数々の名作を産んできた名匠・阪本順治が自身のオリジナル脚本を映画化した本作。主演は『小さいおうち』(2014)で第64 回ベルリン国際映画祭最優秀女優賞(銀熊賞)を受賞、『小さいおうち』、『母と暮せば』(2015)、『浅田家!』(2020)で三度の日本アカデミー賞最優秀助演女優賞に輝き、その卓越した演技力でもはや日本映画界に欠かせない存在となった黒木華。共演には、祖父に三國連太郎、父に佐藤浩市を持ち、『ナミヤ雑貨店の奇跡』『菊とギロチン』でデビュー間も無く数々の新人賞を受賞し、現在放送中の NHK 大河ドラマ『鎌倉殿の13人』では歴史に残る大事件の実行犯・公暁役で話題となるなど、鮮烈な眼差しが観るものを虜にする寛一郎。そして、『映画 夜空はいつでも最高密度の青色だ』(2017)、『宮本から君へ』(2019)、『ちょっと思い出しただけ』(2022)など数々の主演作で日本映画界を牽引し、『シン・仮面ライダー』(2023)の公開も控える池松壮亮。本作の舞台は日本が世界の渦に巻き込まれていく江戸末期。寺子屋で子供たちに読み書きを教えている主人公おきく(黒木華)は、ある雨の日、厠(寺所有の公衆便所)のひさしの下で、雨宿りをしていた紙屑拾いの中次(寛一郎)と、下肥買いの矢亮(池松壮亮)と出会う。武家育ちでありながら今は貧乏長屋で質素な生活を送るおきくと、古紙や糞尿を売り買いする最下層の仕事につく中次と矢亮。侘しく辛い人生を懸命に生きる三人はやがて心を通わせていくが、ある悲惨な出来事に巻き込まれたおきくは、喉を切られ、声を失ってしまう...。貧しい時代に逞しく生きる庶民の姿を通じて、人と人のぬくもりを描く『せかいのおきく』。人情の機微を見つめ続けてきた阪本順治監督が贈る、至高の日本映画がここに誕生する。声を失うことで映画の中盤からセリフが無くなる黒木華の凄まじい演技、そして日本映画界の次世代を担う演技派俳優三人による貴重な共演に期待が高まる。

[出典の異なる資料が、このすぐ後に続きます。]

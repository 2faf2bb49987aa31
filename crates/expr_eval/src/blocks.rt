//! Blocks of days on which a watch cannot be met, and which are passed over at once.

ghost use Rattle.std.specs.Prelude.{◌≡◌, ◌≤◌, ◌<◌, ◌+◌, ◌^◌, ◌+ℤ◌, ◌*ℤ◌, ℕ, pos, unsigned_abs, true, IfSome};
ghost use Rattle.fixing_files.specs.Runs.{IsRising};
ghost use Rattle.fixing_files.specs.Blocks.{AreBlocks};
ghost use Rattle.fixing_files.specs.RunPlaces.{IsOn};
ghost use Rattle.expr_eval.specs.Passing.{CannotMeet, IsBeyond, IsPassed, opposite};

use crate::watches::{Trial, Watch, brought};
use fixing_files::{BLOCK_DAYS, Block, FixedDay, LentRun};
use term_model::CmpOp;

/// The days of a block.
pub const BLOCK: u32 = BLOCK_DAYS as u32;

/// The days from one that stands at an index up to the end of its block.
pub fn days_in_block(at: usize) -> u32
    ensures some { 1 ≤ result }
    ensures few { result ≤ 128 }
{
    (BLOCK_DAYS - at % BLOCK_DAYS) as u32
}

// The comparison that holds exactly where another does not.
fn opposite(op: CmpOp) -> CmpOp
    ensures { result ≡ opposite op }
{
    match op {
        CmpOp::Less => CmpOp::GreaterEq,
        CmpOp::LessEq => CmpOp::Greater,
        CmpOp::Greater => CmpOp::LessEq,
        CmpOp::GreaterEq => CmpOp::Less,
        CmpOp::Equal => CmpOp::Unequal,
        CmpOp::Unequal => CmpOp::Equal,
    }
}

// Whether a comparison with a bound holds of no number of a block.
fn is_beyond(op: CmpOp, block: Block, bound: i128) -> bool
    ensures { result ≡ true → IsBeyond op block bound }
{
    match op {
        CmpOp::Less => bound <= block.low,
        CmpOp::LessEq => bound < block.low,
        CmpOp::Greater => block.high <= bound,
        CmpOp::GreaterEq => block.high < bound,
        CmpOp::Equal => bound < block.low || block.high < bound,
        CmpOp::Unequal => block.low == bound && block.high == bound,
    }
}

// A block whose numbers are multiplied, where words hold them.
fn multiplied(block: Block, factor: i64) -> Option<Block>
    ensures { IfSome result (λ b.
        b ≡ record { low = block.low *ℤ factor; high = block.high *ℤ factor }) }
{
    Some(Block {
        low: brought(block.low, factor)?,
        high: brought(block.high, factor)?,
    })
}

// Whether it is seen that no number of a block meets a watch.
fn cannot_meet(watch: Watch, block: Block) -> bool
    ensures { result ≡ true → CannotMeet watch block }
{
    let Trial::Number { op, factor, bound } = watch.trial else {
        return false;
    };
    if factor <= 0 {
        return false;
    }
    let Some(block) = multiplied(block, factor) else {
        return false;
    };
    let op = if watch.wanted { op } else { opposite(op) };
    is_beyond(op, block, bound)
}

// Whether a day and the 127 behind it stand in a run from an index on. They do where the last one
// stands in its place, since the run rises.
fn stands_whole(run: &[FixedDay], at: usize, day: i64) -> bool
    requires rising { IsRising run.now }
    requires day { unsigned_abs day ≤ 2 ^ 62 + 2 ^ 32 }
    ensures { result ≡ true → (i : ℕ) → i < 128 → IsOn run.now (day +ℤ pos i) (at + i) }
{
    if at >= run.len() || run.len() - at < BLOCK_DAYS {
        return false;
    }
    run[at].day == day && run[at + 127].day == day + 127
}

/// Whether it is seen that a watch is met on none of 128 days, of which the first is sought at an
/// index of the label's run. None of them is then missing.
pub fn is_passed(watch: Watch, run: LentRun<'_>, at: usize, day: i64) -> bool
    requires rising { IsRising run.days.now }
    requires numbers { AreBlocks run.blocks.now run.days.now }
    requires day { unsigned_abs day ≤ 2 ^ 62 + 2 ^ 32 }
    ensures { result ≡ true → IsPassed watch run.entry.days.now day }
{
    if at % BLOCK_DAYS != 0 {
        return false;
    }
    match run.blocks.get(at / BLOCK_DAYS) {
        Some(block) => cannot_meet(watch, *block) && stands_whole(run.days, at, day),
        None => false,
    }
}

本作について、黒木華は「『せかいのおきく』、この題名に込められた阪本監督の想いが、より多くの方に伝わるよう、おきくを演じられていたらと思います。今の時代に繋がる尊さがある作品になっていると思いますので、沢山の方に見ていただけると嬉しいです。」、寛一郎と池松壮亮は、「青春。それは、恋とせかいとうんち。阪本順治最新作お楽しみに。(寛一郎)」、「自然と共に生き、空と人と情緒があったこと、祈りがあったこと。貧しくも瑞々しく生きる人々の映画です。今を生きる多くの人々に届くことを願っています。(池松)」と、それぞれコメントを寄せた。また、阪本監督は「江戸時代における食のサイクルを基軸として、没落した武家の娘と、糞尿の処理に携わる賤民たちを主人公に、低い視座から社会を眺めるだけではなく、〝汚い〟ところから世界をえがこうとする意欲作。しかも軽妙に、しかし美しく、だ。名付けて、糞ったれ青春時代劇!」と手ごたえを見せた。
ただならぬ風格を放つ鮮烈なモノクロ映像!
そして映画の背景に描かれる〈いのちの巡り〉とは?
映画『せかいのおきく』のファーストルックとして三点の場面写真が解禁された。貧乏長屋の小路で空に拝むおきく。商売の種となる貴重な糞尿を担いで畦道をひた走る中次と矢亮。そして厠のひさしで雨宿りをする三人。全編が主に京都撮影所(東映・松竹)で撮影された、墨絵のように美しく、鮮烈なモノクロ映像で綴られる本作のただならぬ風格と、近年日本映画の最高傑作と呼び声高い、その気配を早くも感じさせる。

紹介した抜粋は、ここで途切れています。